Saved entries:

□ □ □ □

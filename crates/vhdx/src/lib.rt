// The seven calls of the library: attach, the plan that it follows, a single step of the replay, closing the log, a single step of
// that, lookup, parent key. None has a `requires`: a caller may hand in any buffer, length, step, identifier, sector, facts and key.
// Attach, close and their steps write, and write through `vhdx_replay::store` alone.
#![tactic(auto)]

ghost use Rattle.std.specs.Prelude.{◌≡◌, ◌≤◌, length as length_of, take};
ghost use Rattle.decision.specs.Refusal.{outcome};
ghost use Rattle.extent.specs.Extent.{mib, part as part_of, onward};
ghost use Rattle.vhdx_close_steps.specs.Close.{after_close, close_answer, closed_numbers, after_close_step, close_step_answer};
ghost use Rattle.vhdx_map.specs.Lookup.{lookup as lookup_of};
ghost use Rattle.vhdx_parent.specs.Key.{key_extent};
ghost use Rattle.vhdx_steps.specs.Calls.{file};
ghost use Rattle.vhdx_steps.specs.Stepped.{stepped_numbers};
ghost use Rattle.vhdx_tables.specs.Tables.{tables};
ghost use Rattle.vhdx.specs.Attach.{after_attach, told, attach_answer, attached_numbers};
ghost use Rattle.vhdx.specs.Plan.{plan_answer, planned_numbers};
ghost use Rattle.vhdx.specs.Step.{after_step, step_answer};

use decision::Refusal;
use extent::Extent;
use vhdx_close_steps::Closed;
use vhdx_facts::Facts;
use vhdx_log::Work;
use vhdx_map::Place;

#[derive(Clone, Copy, Debug, PartialEq, Eq, Drop)]
pub struct Attached {
    // of the image as attach leaves it
    pub length: u64,
    // how many sectors the log's replay wrote
    pub count: u64,
    // or document 01's refusal: 1 to 8 leave the log as it is, 9 to 15 leave it applied
    pub facts: Result<Facts, Refusal>,
}

#[derive(Clone, Copy, Debug, PartialEq, Eq, Drop)]
pub struct Planned {
    // of the image as attach would leave it
    pub length: u64,
    // how many sectors the log's replay would write
    pub count: u64,
}

// Applies the log of the image that is the buffer's first length bytes, and reads its tables. What 1 to 8 refuse is decided
// before anything is written.
pub fn attach(buffer: &mut [u8], length: u64) -> Attached
    ensures value { attached_numbers result ≡ attach_answer (file buffer.old length) }
    ensures buffer_after { buffer.new ≡ (after_attach (file buffer.old length)).buffer }
{
    match vhdx_log::plan(buffer, length) {
        Err(refusal) => Attached {
            length,
            count: 0,
            facts: Err(refusal),
        },
        Ok(work) => {
            let log = vhdx_replay::log_extent(buffer, length);
            vhdx_replay::first_steps(buffer, length, log, work, work.count);
            read(buffer, log, work)
        }
    }
}

// The tables of an image whose log, which is here, is applied.
fn read(buffer: &[u8], log: Extent, work: Work) -> Attached
    requires { (mib ≤ work.length) × (work.length ≤ length_of buffer.now) }
    ensures { attached_numbers result ≡ told (tables (take work.length buffer.now) log) work.length work.count }
{
    let end = work.length as usize;
    Attached {
        length: work.length,
        count: work.count,
        facts: vhdx_tables::read(&buffer[..end], log),
    }
}

// What attach would do, without doing it: reads the headers and the log, never writes, and takes time linear in the log.
// Refuses 1 to 8; 9 to 15 are not foretold: they judge the tables as the log leaves them.
pub fn plan(buffer: &[u8], length: u64) -> Result<Planned, Refusal>
    ensures { planned_numbers length result ≡ plan_answer (file buffer.now length) }
{
    let planned = vhdx_log::plan(buffer, length)?;
    Ok(Planned {
        length: planned.length,
        count: planned.count,
    })
}

// Does step k of the replay alone: 0 grows the image, k writes sector k. Answers the length after it. The time it takes is that of the
// plan and of one sector.
pub fn step(buffer: &mut [u8], length: u64, k: u64) -> Result<u64, Refusal>
    ensures value { stepped_numbers length result ≡ step_answer k (file buffer.old length) }
    ensures buffer_after { buffer.new ≡ (after_step k (file buffer.old length)).buffer }
{
    let work = vhdx_log::plan(buffer, length)?;
    let log = vhdx_replay::log_extent(buffer, length);
    if k == 0 {
        vhdx_replay::first_steps(buffer, length, log, work, 0);
        return Ok(work.length);
    }
    vhdx_replay::one_sector(buffer, length, log, work, k - 1)?;
    Ok(length)
}

// Closes the log for good: applies it as attach does, then rewrites the header that is not current, with no log and with this
// file-write identifier. No table is read.
pub fn close(buffer: &mut [u8], length: u64, identifier: &[u8; 16]) -> Result<Closed, Refusal>
    ensures value { closed_numbers length result ≡ close_answer identifier.now (file buffer.old length) }
    ensures buffer_after { buffer.new ≡ (after_close identifier.now (file buffer.old length)).buffer }
{
    vhdx_close::close(buffer, length, identifier)
}

// Does step k of closing alone: those of the replay, then the header's. Answers the length after it.
pub fn close_step(
    buffer: &mut [u8],
    length: u64,
    identifier: &[u8; 16],
    k: u64,
) -> Result<u64, Refusal>
    ensures value { stepped_numbers length result ≡ close_step_answer identifier.now k (file buffer.old length) }
    ensures buffer_after { buffer.new ≡ (after_close_step identifier.now k (file buffer.old length)).buffer }
{
    vhdx_close::close_step(buffer, length, identifier, k)
}

// Where the bytes of a sector are, by the facts that attach answered.
pub fn lookup(facts: Facts, buffer: &[u8], length: u64, sector: u64) -> Result<Place, Refusal>
    ensures { outcome result ≡ lookup_of facts buffer.now length sector }
{
    vhdx_map::lookup(facts, buffer, length, sector)
}

// The value of a key of the parent locator, as the very part of the buffer; the empty beginning of the buffer where there is
// none.
pub fn parent_key<'a>(facts: Facts, buffer: &'a [u8], length: u64, key: &[u8]) -> &'a [u8]
    ensures bytes { result.now ≡ part_of buffer.now (key_extent facts buffer.now length key.now) }
    ensures len { length_of result.now ≡ (key_extent facts buffer.now length key.now).length }
    ensures place { result.ref_ptr ≡ onward buffer.entry.ref_ptr (key_extent facts buffer.now length key.now).offset }
{
    vhdx_parent::value(facts, buffer, length, key)
}

// The same answer as offset and length, for callers that no slice can be handed to.
pub fn parent_key_extent(facts: Facts, buffer: &[u8], length: u64, key: &[u8]) -> Extent
    ensures { result ≡ key_extent facts buffer.now length key.now }
{
    vhdx_parent::value_extent(facts, buffer, length, key)
}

□ □ □ □

### Work item:
The answer must be every line of the data that holds the word "What".

### Answer to this problem:
// Applies the log of the image that is the buffer's first length bytes, and reads its tables. What 1 to 8 refuse is decided
// What attach would do, without doing it: reads the headers and the log, never writes, and takes time linear in the log.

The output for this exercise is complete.